▶
//! Declarations of variables.

ghost use Rattle.std.specs.Prelude.{◌≡◌, map};
ghost use Rattle.st_ast.specs.Grammar as grammar;
ghost use Rattle.grammar.specs.Loops.{after};
ghost use Rattle.grammar.specs.Reader as reader;
ghost use Rattle.st_read.specs.Gives.{Gives};
ghost use Rattle.st_read.specs.Reading as reading;

use crate::names::{identifier, natural};
use crate::tokens::{Read, Tokens, starts, word};
use cif_base::Items;
use st_ast::{StClass, StLit, StTy, StVar, TokenKind};
use std::alloc::Global;

/// A number, perhaps with a sign before it.
#[tactic(auto, unfolding(crate::specs::Reading::signed_at))]
fn signed(tokens: Tokens<'_>) -> Read<'_, i64>
    ensures { Gives (λ x. (x.0, x.1)) result (reading.signed_at tokens.entry) }
{
    if starts(&tokens, &[TokenKind::Dash]) {
        let (_dash, rest) = word(tokens, TokenKind::Dash)?;
        let (value, rest) = natural(rest)?;
        Ok((-(value as i64), rest))
    } else {
        let (value, rest) = natural(tokens)?;
        Ok((value as i64, rest))
    }
}

#[tactic(auto, unfolding(crate::specs::Reading::first_value_at))]
fn first_value(tokens: Tokens<'_>) -> Read<'_, StLit>
    ensures { Gives (λ x. (x.0, x.1)) result (reading.first_value_at tokens.entry) }
{
    if starts(&tokens, &[TokenKind::True]) {
        let (_true, rest) = word(tokens, TokenKind::True)?;
        Ok((StLit::Bool(true), rest))
    } else if starts(&tokens, &[TokenKind::False]) {
        let (_false, rest) = word(tokens, TokenKind::False)?;
        Ok((StLit::Bool(false), rest))
    } else {
        let (value, rest) = signed(tokens)?;
        Ok((StLit::Int(value), rest))
    }
}

/// `LINT`, perhaps with the bounds of a subrange.
#[tactic(auto, unfolding(crate::specs::Reading::subrange_at))]
fn integer_type(tokens: Tokens<'_>) -> Read<'_, StTy>
    ensures { Gives (λ x. (x.0, x.1)) result (reader.map_at reading.number_type (reader.both_at (reading.word_at TokenKind.Lint) reading.subrange_at) tokens.entry) }
{
    let (_lint, rest) = word(tokens, TokenKind::Lint)?;
    if !starts(&rest, &[TokenKind::Open]) {
        return Ok((StTy::Lint, rest));
    }
    let (_open, rest) = word(rest, TokenKind::Open)?;
    let (lo, rest) = signed(rest)?;
    let (_dots, rest) = word(rest, TokenKind::Dots)?;
    let (hi, rest) = signed(rest)?;
    let (_close, rest) = word(rest, TokenKind::Close)?;
    Ok((StTy::Range { lo, hi }, rest))
}

#[tactic(auto, unfolding(crate::specs::Reading::type_at))]
fn type_use(tokens: Tokens<'_>) -> Read<'_, StTy>
    ensures { Gives (λ x. (x.0, x.1)) result (reading.type_at tokens.entry) }
{
    if starts(&tokens, &[TokenKind::Bool]) {
        let (_bool, rest) = word(tokens, TokenKind::Bool)?;
        Ok((StTy::Bool, rest))
    } else {
        integer_type(tokens)
    }
}

/// The sign `:=` and the first value, where they come.
#[tactic(auto, unfolding(crate::specs::Reading::init_at))]
fn init(tokens: Tokens<'_>) -> Read<'_, Option<StLit>>
    ensures { Gives (λ x. (x.0, x.1)) result (reading.init_at tokens.entry) }
{
    if !starts(&tokens, &[TokenKind::Assigns]) {
        return Ok((None, tokens));
    }
    let (_assigns, rest) = word(tokens, TokenKind::Assigns)?;
    let (value, rest) = first_value(rest)?;
    Ok((Some(value), rest))
}

/// A declaration in a block of that class.
#[tactic(auto, unfolding(crate::specs::Reading::declaration_at))]
fn declaration(alloc: Global, tokens: Tokens<'_>, class: StClass) -> Read<'_, StVar>
    ensures { Gives (λ x. (x.0, x.1)) result (reading.declaration_at class tokens.entry) }
{
    let (name, rest) = identifier(alloc, tokens)?;
    let (_colon, rest) = word(rest, TokenKind::Colon)?;
    let (ty, rest) = type_use(rest)?;
    let (init, rest) = init(rest)?;
    let (_semicolon, rest) = word(rest, TokenKind::Semicolon)?;
    let variable = StVar {
        name,
        class,
        ty,
        init,
        at: None,
    };
    Ok((variable, rest))
}

#[tactic(auto, using(grammar::proofs::Loops::after_step, grammar::proofs::Loops::after_stop, grammar::proofs::Loops::after_fail, grammar::proofs::Loops::after_end))]
fn declarations(
    alloc: Global,
    tokens: Tokens<'_>,
    class: StClass,
    mut found: Items<StVar>,
) -> Read<'_, Items<StVar>>
    ensures { Gives (λ x. (x.0, x.1)) result (after found (reader.many_at grammar.sort (reading.first TokenKind.Name) (reading.declaration_at class) tokens.entry)) }
{
    let most = tokens.len();
    let mut rest = tokens;
    for _turn in 0..most {
        if !starts(&rest, &[TokenKind::Name]) {
            return Ok((found, rest));
        }
        let (item, left) = declaration(alloc, rest, class)?;
        found.push(item)?;
        rest = left;
    }
    Ok((found, rest))
}

/// A block after its first word, and its class.
#[tactic(auto, using(grammar::proofs::Loops::after_none), unfolding(crate::specs::Reading::rest_at))]
fn rest_of(alloc: Global, tokens: Tokens<'_>, class: StClass) -> Read<'_, Items<StVar>>
    ensures { Gives (λ x. (x.0, x.1)) result (reading.rest_at class tokens.entry) }
{
    let (found, rest) = declarations(alloc, tokens, class, Items::new(alloc))?;
    let (_end, rest) = word(rest, TokenKind::EndVar)?;
    Ok((found, rest))
}

/// A block that begins with that word, and its class.
#[tactic(auto, unfolding(crate::specs::Reading::block_of_at))]
fn block_of(
    alloc: Global,
    tokens: Tokens<'_>,
    opening: TokenKind,
    class: StClass,
) -> Read<'_, Items<StVar>>
    ensures { Gives (λ x. (x.0, x.1)) result (reading.block_of_at opening class tokens.entry) }
{
    let (_opening, rest) = word(tokens, opening)?;
    rest_of(alloc, rest, class)
}

/// What stands after `VAR`: `CONSTANT` and constants, or variables.
#[tactic(auto, unfolding(crate::specs::Reading::plain_at))]
fn plain(alloc: Global, tokens: Tokens<'_>) -> Read<'_, Items<StVar>>
    ensures { Gives (λ x. (x.0, x.1)) result (reading.plain_at tokens.entry) }
{
    if starts(&tokens, &[TokenKind::Constant]) {
        block_of(alloc, tokens, TokenKind::Constant, StClass::Constant)
    } else {
        rest_of(alloc, tokens, StClass::Plain)
    }
}

#[tactic(auto, unfolding(crate::specs::Reading::block_at))]
fn block(alloc: Global, tokens: Tokens<'_>) -> Read<'_, Items<StVar>>
    ensures { Gives (λ x. (x.0, x.1)) result (reading.block_at tokens.entry) }
{
    if starts(&tokens, &[TokenKind::Var]) {
        let (_var, rest) = word(tokens, TokenKind::Var)?;
        plain(alloc, rest)
    } else if starts(&tokens, &[TokenKind::VarInput]) {
        block_of(alloc, tokens, TokenKind::VarInput, StClass::Input)
    } else {
        block_of(alloc, tokens, TokenKind::VarOutput, StClass::Output)
    }
}

/// The declarations of all blocks as one list.
#[tactic(auto, using(grammar::proofs::Loops::flat_step, grammar::proofs::Loops::flat_stop, grammar::proofs::Loops::flat_fail, grammar::proofs::Loops::flat_end), unfolding(crate::specs::Reading::variables_at))]
pub fn variables(alloc: Global, tokens: Tokens<'_>) -> Read<'_, Items<StVar>>
    ensures { Gives (λ x. (x.0, x.1)) result (reading.variables_at tokens.entry) }
{
    let mut found = Items::new(alloc);
    let most = tokens.len();
    let mut rest = tokens;
    for _turn in 0..most {
        if !starts(
            &rest,
            &[TokenKind::Var, TokenKind::VarInput, TokenKind::VarOutput],
        ) {
            return Ok((found, rest));
        }
        let (more, left) = block(alloc, rest)?;
        found.append(more)?;
        rest = left;
    }
    Ok((found, rest))
}
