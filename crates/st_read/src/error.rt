//! Why a text is not read, and why reading stops.

ghost use Rattle.std.specs.Prelude.{◌≡◌};
ghost use Rattle.st_read.specs.declared.error.StErr.TheVariants.{Memory as no_memory};
ghost use Rattle.st_read.specs.declared.error.Stop.TheVariants.{NoMemory};

use cif_base::Memory;
use std::alloc::AllocFailed;

/// Why a text is not read, with a byte where that shows, counted from 0; or memory ran out.
#[derive(Clone, Copy, Debug, PartialEq, Eq)]
pub enum StErr {
    /// No token, blank or comment begins there.
    StBadByte { at: u32 },
    /// The number that begins there exceeds 9223372036854775807.
    StNumberTooBig { at: u32 },
    /// The comment that `(*` begins there has no end.
    StOpenComment { at: u32 },
    /// The tokens derive no program within the depth limits; a place in the text where that shows.
    StNotRead { at: u32 },
    Memory,
}

impl From<Memory> for StErr {
    ghost from_gives = { λ _ e. e ≡ no_memory };

    fn from(_error: Memory) -> StErr {
        StErr::Memory
    }
}

impl<T: Drop> From<AllocFailed<T>> for StErr {
    ghost from_gives = { λ _ e. e ≡ no_memory };

    fn from(_error: AllocFailed<T>) -> StErr {
        StErr::Memory
    }
}

/// Why a reader of tokens stopped: memory ran out, or it can't go on with so many bytes left.
#[derive(Clone, Copy, Debug, PartialEq, Eq)]
pub enum Stop {
    NoMemory,
    NotTaken(usize),
}

impl From<Memory> for Stop {
    ghost from_gives = { λ _ e. e ≡ NoMemory };

    fn from(_error: Memory) -> Stop {
        Stop::NoMemory
    }
}

impl<T: Drop> From<AllocFailed<T>> for Stop {
    ghost from_gives = { λ _ e. e ≡ NoMemory };

    fn from(_error: AllocFailed<T>) -> Stop {
        Stop::NoMemory
    }
}
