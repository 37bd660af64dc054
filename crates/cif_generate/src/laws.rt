//! What the net of a source shows, as the contract of a function without a body.

ghost use Rattle.std.specs.Prelude.{◌≡◌};
ghost use Rattle.plc_frame.specs.Faces.{face_of_net};
ghost use Rattle.cif_source.specs.Source.{Source};
ghost use Rattle.cif_inst_model.specs.Flat.{net_of_source};
ghost use Rattle.cif_generate.specs.Shown.{face_of};

/// The net of a source shows what the source shows.
pub fn net_shows_the_same()
    ensures { (t : Source) → face_of_net (net_of_source t) ≡ face_of t }
{}
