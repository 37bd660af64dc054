//! Names and numbers.

ghost use Rattle.std.specs.Prelude.{◌≤◌, pos, IfOk};
ghost use Rattle.st_ast.specs.Tokens.{greatest};
ghost use Rattle.st_read.specs.Gives.{Gives};
ghost use Rattle.st_read.specs.Reading as reading;

use crate::tokens::{Read, Tokens, word};
use cif_base::Text;
use st_ast::TokenKind;
use std::alloc::Global;

#[tactic(auto, unfolding(crate::specs::Reading::identifier_at))]
pub fn identifier(alloc: Global, tokens: Tokens<'_>) -> Read<'_, Text>
    ensures { Gives (λ x. (x.0, x.1)) result (reading.identifier_at tokens.entry) }
{
    let (token, rest) = word(tokens, TokenKind::Name)?;
    Ok((Text::from_slice(alloc, token.name())?, rest))
}

/// A number without a sign.
#[tactic(auto, using(crate::proofs::Literals::literal_is), unfolding(crate::specs::Reading::natural_at))]
pub fn natural(tokens: Tokens<'_>) -> Read<'_, u64>
    ensures read { Gives (λ x. (pos x.0, x.1)) result (reading.natural_at tokens.entry) }
    ensures small { IfOk result (λ x. x.0 ≤ greatest) }
{
    let (token, rest) = word(tokens, TokenKind::Literal)?;
    Ok((token.value(), rest))
}
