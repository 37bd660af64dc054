//! Why there is no table.

ghost use Rattle.std.specs.Prelude.{◌≡◌};
ghost use Rattle.plc_tables.specs.declared.stopped.Stopped.TheVariants.{NoMemory};

use cif_base::Memory;
use st_scan::ScanErr;

/// Why the scans over rows have no table: the scan of a row, counted from 1, ended early; or want of memory.
#[derive(Clone, Copy, Debug, PartialEq, Eq)]
pub enum Stopped {
    Scan { row: u32, error: ScanErr },
    NoMemory,
}

impl From<Memory> for Stopped {
    ghost from_gives = { λ _ e. e ≡ NoMemory };

    fn from(_error: Memory) -> Stopped {
        Stopped::NoMemory
    }
}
◀
*Task to carry out*.
"ghost use Rattle.grammar.specs.Reader" marks the last line to print; print everything from the first line of the data through that line, unchanged, and nothing more.

*Response to this task*.
//! Declarations of variables.

ghost use Rattle.std.specs.Prelude.{◌≡◌, map};
ghost use Rattle.st_ast.specs.Grammar as grammar;
ghost use Rattle.grammar.specs.Loops.{after};
ghost use Rattle.grammar.specs.Reader as reader;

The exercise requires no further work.